Stored entries:
//! What bytes leave as one number.
ghost use Rattle.std.specs.Prelude.{◌≡◌, ◌+◌, ◌*◌, ◌%◌, ◌^◌, ◌<◌};
ghost use Rattle.pgn_game.specs.Public.Residues.{modulus, residue};

/// What is left of each number: 2 ^ 61 - 1. So 2 ^ 64 leaves 8, and a number moves by three bits to
/// the left in a round of 61.
pub(crate) const MODULUS: u64 = 2_305_843_009_213_693_951;

/// What is left, where so much is left of what stands in front of the eight bytes of a word.
fn after_word(left: u64, word: u64) -> u64
    requires { left < modulus }
    ensures value { result ≡ (left * 2 ^ 64 + word) % modulus }
    ensures below { result < modulus }
{
    let sum = left / 288_230_376_151_711_744 + left % 288_230_376_151_711_744 * 8 + word % MODULUS;
    if sum < MODULUS { sum } else { sum - MODULUS }
}

/// What is left, where so much is left of what stands in front of a byte.
fn after_byte(left: u64, byte: u8) -> u64
    requires { left < modulus }
    ensures value { result ≡ (left * 256 + byte) % modulus }
    ensures below { result < modulus }
{
    let sum = left / 9_007_199_254_740_992 + left % 9_007_199_254_740_992 * 256 + u64::from(byte);
    if sum < MODULUS { sum } else { sum - MODULUS }
}

/// What the bytes leave as one number, eight at a time.
pub fn residue(bytes: &[u8]) -> u64
    ensures { result ≡ residue bytes.now }
{
    let mut left = 0;
    let mut rest = bytes;
    while rest.len() >= 8 {
        let (word, after) = rest.split_at(8);
        let word = u64::from_be_bytes([
            word[0], word[1], word[2], word[3], word[4], word[5], word[6], word[7],
        ]);
        left = after_word(left, word);
        rest = after;
    }
    for byte in rest {
        left = after_byte(left, *byte);
    }
    left
}
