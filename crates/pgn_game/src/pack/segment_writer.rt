//! A writer of records that makes segments of them.
ghost use Rattle.std.specs.Prelude.{◌≡◌, ◌≤◌, List, [], length, take, OnOk};
ghost use Rattle.std.specs.Io.{WritesAtMost};
ghost use Rattle.std.specs.Io.KnownBytes.{Appends, Keeps, WriteAppends};
ghost use Rattle.pgn_game.specs.Public.SegmentWriting.{segment_bytes, segment_records};

use crate::pack::segment::{LARGEST_BODY, push_segment};
use std::alloc::{AllocError, Global};
use std::io;
use std::io::{ErrorKind, Write};
use std::marker::Model;

/// Writes until all is written or a write fails, and answers how many bytes were written.
fn write_out<W: Write>(bytes: &[u8], to: &mut W) -> (usize, io::Result<()>)
    ensures bound { result.0 ≤ length bytes.now }
    ensures all { OnOk result.1 (result.0 ≡ length bytes.now) }
    ensures bytes { Appends (W.contents to.old) (W.contents to.new) (take result.0 bytes.now) }
{
    let mut written = 0;
    while written < bytes.len() {
        match to.write(&bytes[written..]) {
            Ok(0) => return (written, Err(io::Error::from(ErrorKind::WriteZero))),
            Ok(count) => written += count,
            Err(error) => return (written, Err(error)),
        }
    }
    (written, Ok(()))
}

/// A writer that makes a segment of what each write gives it: whole records, so that no record
/// stands in two segments. A write fails before it takes a byte, or is taken whole.
#[derive(Drop)]
pub struct SegmentWriter<W: Write> {
    alloc: Global,
    inner: W,
    /// The last segment, and how many of its bytes are written.
    segment: Vec<u8>,
    at: usize,
}

impl<W: Write> Model for SegmentWriter<W> {
    ghost use Rattle.std.specs.Prelude.{◌≤◌, length, drop};
    ghost use Rattle.pgn_game.specs.Public.SegmentWriting.{Sending};

    ghost Value = { Sending W };

    ghost view = { λ w. record { inner = w.inner; unsent = drop w.at w.segment.items } };

    ghost invariant = { λ w. w.at ≤ length w.segment.items };
}

impl<W: Write> SegmentWriter<W> {
    /// A writer that puts segments after what the inner one holds.
    pub fn new(alloc: Global, inner: W) -> Self
        ensures inner { result.inner ≡ inner }
        ensures none { result.unsent ≡ [] }
    {
        SegmentWriter {
            alloc,
            inner,
            segment: Vec::new(alloc),
            at: 0,
        }
    }

    /// The inner writer: bytes that it does not have yet are dropped.
    pub fn into_inner(self) -> W
        ensures { result ≡ self.inner }
    {
        let SegmentWriter {
            inner,
            alloc: _,
            segment: _,
            at: _,
        } = self;
        inner
    }

    /// Writes what is left of the last segment.
    fn send(&mut self) -> io::Result<()>
        ensures kept { Keeps (segment_bytes W.contents self.old)
            (segment_bytes W.contents self.new) }
        ensures sent { OnOk result (self.new.unsent ≡ []) }
    {
        let (count, result) = write_out(&self.segment[self.at..], &mut self.inner);
        self.at += count;
        result
    }
}

impl<W: Write> Write for SegmentWriter<W> {
    ghost contents = { segment_records W.contents };

    fn write(&mut self, buf: &[u8]) -> io::Result<usize>
        ensures bound { WritesAtMost result buf.now }
        ensures bytes { WriteAppends (segment_records W.contents self.old)
            (segment_records W.contents self.new) result buf.now }
    {
        let count = buf.len().min(LARGEST_BODY);
        if count == 0 {
            return Ok(0);
        }
        self.send()?;
        self.at = 0;
        self.segment.clear();
        match push_segment(self.alloc, count as u32, &buf[..count], &mut self.segment) {
            Ok(()) => Ok(count),
            Err(AllocError) => {
                self.segment.clear();
                Err(io::Error::from(ErrorKind::OutOfMemory))
            }
        }
    }

    fn flush(&mut self) -> io::Result<()>
        ensures bytes { Keeps (segment_records W.contents self.old)
            (segment_records W.contents self.new) }
        ensures sent { OnOk result (self.new.unsent ≡ []) }
    {
        self.send()?;
        self.inner.flush()
    }
}
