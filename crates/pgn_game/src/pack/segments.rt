//! The segments of a pack, one after another, as a reader gives them.
ghost use Rattle.std.specs.Prelude.{◌≡◌, ◌≢◌, ◌↔◌, ℕ, ◌+◌, ◌^◌, ◌<◌, ◌≤◌, true, false, List};
ghost use Rattle.std.specs.Prelude.{[], ◌++◌, length, IfErr, IfOk, IsErrOf, OnOk, ◌⊎◌};
ghost use Rattle.pgn_text.specs.Public.Limits.{largest_offset};
ghost use Rattle.pgn_game.specs.Public.SegmentStreams.{SegmentStep, no_segment_yet};
ghost use Rattle.pgn_game.specs.Private.SegmentSteps.{Fills, HoldsSegment};

use crate::pack::error::SegmentError;
use crate::pack::segment::{read, read_front};
use pgn_text::{Buffer, LARGEST_OFFSET, ReadError, Tally};
use std::alloc::Global;
use std::io::Read;
use std::marker::Model;
use thiserror::Error;

/// The bytes in front of a body: a front and its seal.
pub const FRONT: usize = 24;

/// Why no further segment is held.
#[derive(Clone, Copy, Debug, PartialEq, Eq, Error)]
pub enum SegmentsError {
    /// The reader failed.
    #[error("a read failed")]
    Read,
    /// Memory ran out.
    #[error("out of memory")]
    OutOfMemory,
    /// What is left does not begin with a segment.
    #[error("{0}")]
    Bad(SegmentError),
    /// The pack goes past the largest offset.
    #[error("the pack is too long")]
    InputTooLong,
}

/// Reads on until so many bytes are held, and answers whether they are: fewer are at the end.
fn fill<R: Read>(
    held: &mut Buffer,
    size: usize,
    input: &mut Tally<R>,
) -> Result<bool, SegmentsError>
    requires few { size < 2 ^ 32 }
    requires room { length held.old ≤ size }
    requires sound { input.old.faulted ≡ false }
    ensures gives { Fills size held.old held.new (R.remaining input.old.inner)
        (R.remaining input.new.inner) result }
    ensures own { IfErr result (λ error. (error ≡ SegmentsError.Read)
        ⊎ (error ≡ SegmentsError.OutOfMemory)) }
    ensures fault { IsErrOf result SegmentsError.Read ↔ (input.new.faulted ≡ true) }
{
    while held.len() < size {
        let count = size - held.len();
        match held.read_more(count, input) {
            Ok(0) => return Ok(false),
            Ok(_) => {}
            Err(ReadError::Read | ReadError::Failed) => return Err(SegmentsError::Read),
            Err(ReadError::OutOfMemory | ReadError::InputTooLong) => {
                return Err(SegmentsError::OutOfMemory);
            }
        }
    }
    Ok(true)
}

/// Reads the next segment, of which nothing is held yet, and answers how many bytes its records
/// have; none at the end of the pack.
fn hold_segment<R: Read>(
    held: &mut Buffer,
    input: &mut Tally<R>,
) -> Result<Option<usize>, SegmentsError>
    requires empty { held.old ≡ [] }
    requires sound { input.old.faulted ≡ false }
    ensures gives { HoldsSegment held.new (R.remaining input.old.inner)
        (R.remaining input.new.inner) result }
    ensures fault { IsErrOf result SegmentsError.Read ↔ (input.new.faulted ≡ true) }
{
    if !fill(held, FRONT, input)? {
        return if held.len() == 0 {
            Ok(None)
        } else {
            Err(SegmentsError::Bad(SegmentError::CutShort))
        };
    }
    let size = match read_front(held.bytes()) {
        Ok(((_, size), _)) => size as usize,
        Err(error) => return Err(SegmentsError::Bad(error)),
    };
    if !fill(held, FRONT + size + 8, input)? {
        return Err(SegmentsError::Bad(SegmentError::CutShort));
    }
    match read(held.bytes()) {
        Ok((segment, _)) => Ok(Some(segment.records().len())),
        Err(error) => Err(SegmentsError::Bad(error)),
    }
}

/// The segments of the pack that a reader gives, in order. One is held at a time.
#[derive(Drop)]
pub struct Segments {
    /// The bytes of the segment that is held.
    held: Buffer,
    /// Where in them its records begin, and how many bytes these have.
    begin: usize,
    records: usize,
    /// How many bytes the segment has.
    size: usize,
    /// How many bytes stand before it.
    place: u64,
}

impl Model for Segments {
    ghost use Rattle.std.specs.Prelude.{take, drop};
    ghost use Rattle.pgn_game.specs.Private.SegmentSteps.{LiesInside};
    ghost use Rattle.pgn_game.specs.Public.SegmentStreams.{SegmentWindow};

    ghost Value = { SegmentWindow };

    ghost view = { λ s. record {
      records = take s.records (drop s.begin s.held);
      size = s.size;
      place = s.place;
    } };

    ghost invariant = { λ s. LiesInside s.held s.begin s.records s.size s.place };
}

impl Segments {
    /// The segments of a pack of which nothing is read.
    pub fn new(alloc: Global) -> Self
        ensures { result ≡ no_segment_yet }
    {
        Segments {
            held: Buffer::new(alloc),
            begin: 0,
            records: 0,
            size: 0,
            place: 0,
        }
    }

    /// How many bytes of the pack stand before the segment that is held, or before what is none.
    pub fn place(&self) -> u64
        ensures { result ≡ self.now.place }
    {
        self.place
    }

    /// Whether what is held begins as a record: the packs of older programs are records alone.
    pub fn is_older(&self) -> bool {
        self.place == 0 && matches!(self.held.bytes(), [0..=2, _, _, _, 0, 0, 0, 0, ..])
    }

    /// The records of the segment that is held.
    pub fn records(&self) -> &[u8]
        ensures { result.now ≡ self.now.records }
    {
        &self.held.bytes()[self.begin..self.begin + self.records]
    }

    /// Steps to the next segment, and says whether there is one: none is left at the end of the
    /// pack.
    pub fn step<R: Read>(&mut self, input: &mut Tally<R>) -> Result<bool, SegmentsError>
        requires sound { input.old.faulted ≡ false }
        ensures gives { SegmentStep self.new (R.remaining input.old.inner)
            (R.remaining input.new.inner) result }
        ensures place { self.new.place ≡ self.old.place + self.old.size }
        ensures within { self.new.place + self.new.size ≤ largest_offset }
        ensures fault { IsErrOf result SegmentsError.Read ↔ (input.new.faulted ≡ true) }
    {
        self.place += self.size as u64;
        self.size = 0;
        self.begin = 0;
        self.records = 0;
        self.held.clear();
        let Some(records) = hold_segment(&mut self.held, input)? else {
            return Ok(false);
        };
        let size = self.held.len();
        if size as u64 > LARGEST_OFFSET - self.place {
            return Err(SegmentsError::InputTooLong);
        }
        self.size = size;
        self.begin = FRONT;
        self.records = records;
        Ok(true)
    }
}
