//! The record of a game as it stands in a text.
ghost use Rattle.std.specs.Prelude.{◌≡◌, ◌++◌, ℕ, List, IfErr, IfSome, OnErr, OnOk};
ghost use Rattle.pgn_text.specs.Public.GameTexts.{tag_in};
ghost use Rattle.pgn_game.specs.Public.Faults.{IsFault};
ghost use Rattle.pgn_game.specs.Public.PackedGames.{FitsRecord, IsRecordOf, name_of};
ghost use Rattle.pgn_game.specs.Public.Replays.{fault_of};
ghost use Rattle.pgn_game.specs.Public.Starts.{fen_tag};
ghost use Rattle.pgn_game.specs.declared.turns.fault.GameFault.TheVariants.{OutOfMemory};
ghost use Rattle.pgn_game.specs.declared.replays.replayer.Lines.TheVariants.{Main};

use crate::pack::error::PackError;
use crate::pack::origin::GameOrigin;
use crate::pack::ply::{Marks, coded_move};
use crate::pack::writing::put_fields;
use crate::replays::main_line::{MainWalk, count_main_moves};
use crate::turns::fault::GameFault;
use crate::turns::starting::starting_position;
use pgn_text::RawGame;
use std::alloc::Global;

impl<'a> From<PackError> for GameFault<'a> {
    ghost from_gives = { λ _ fault. fault ≡ OutOfMemory };

    fn from(_: PackError) -> Self {
        GameFault::OutOfMemory
    }
}

/// Appends the record of the game while its main line is played: no position is kept but two. Where
/// the line is faulty, memory is refused or the record would be too large, some bytes of it are
/// appended.
fn put_played<'a>(
    alloc: Global,
    origin: &GameOrigin,
    game: &RawGame<'a>,
    out: &mut Vec<u8>,
) -> Result<(), GameFault<'a>>
    ensures record { OnOk result ((bytes : List ℕ)
        × (own : IsRecordOf (name_of origin.now) origin.now.number origin.now.offset game.now bytes)
        × FitsRecord own.packed × (out.new.items ≡ out.old.items ++ bytes)) }
    ensures fault { IfErr result (λ fault.
        IfSome (fault_of fault) (IsFault Main (tag_in fen_tag game.now.tags) game.now.elements)) }
    ensures kept { (some : List ℕ) × (out.new.items ≡ out.old.items ++ some) }
{
    let start = starting_position(alloc, game.tags())?;
    let elements = game.elements();
    let count = count_main_moves(elements);
    put_fields(origin, game, count, Marks::of(&start, count > 0), out)?;
    let mut walk = MainWalk::new(start);
    for element in elements {
        let before = walk.position.copy();
        if let Some(m) = walk.step(*element)? {
            let marks = Marks::of(&walk.position, walk.plies < count);
            out.extend_from_slice(&coded_move(&before, &m, marks))?;
        }
    }
    Ok(())
}

/// Plays the main line of the game, and appends the record of the game, which comes from there; or
/// answers the fault of its main line. Where memory is refused or the record would be too large,
/// memory is said to be refused: no game of a block has such a record, except one with a name of
/// more than 4096 bytes. In each of these cases nothing is appended.
pub fn push_record<'a>(
    alloc: Global,
    origin: &GameOrigin,
    game: &RawGame<'a>,
    out: &mut Vec<u8>,
) -> Result<(), GameFault<'a>>
    ensures record { OnOk result ((bytes : List ℕ)
        × (own : IsRecordOf (name_of origin.now) origin.now.number origin.now.offset game.now bytes)
        × FitsRecord own.packed × (out.new.items ≡ out.old.items ++ bytes)) }
    ensures fault { IfErr result (λ fault.
        IfSome (fault_of fault) (IsFault Main (tag_in fen_tag game.now.tags) game.now.elements)) }
    ensures left { OnErr result (out.new.items ≡ out.old.items) }
{
    let length = out.len();
    let put = put_played(alloc, origin, game, out);
    if put.is_err() {
        out.truncate(length);
    }
    put
}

**Exercise brief:**
Gather all lines of the records that include the word "SegmentError".

**Written solution:**
use crate::pack::error::SegmentError;
    Bad(SegmentError),
            Err(SegmentsError::Bad(SegmentError::CutShort))
        return Err(SegmentsError::Bad(SegmentError::CutShort));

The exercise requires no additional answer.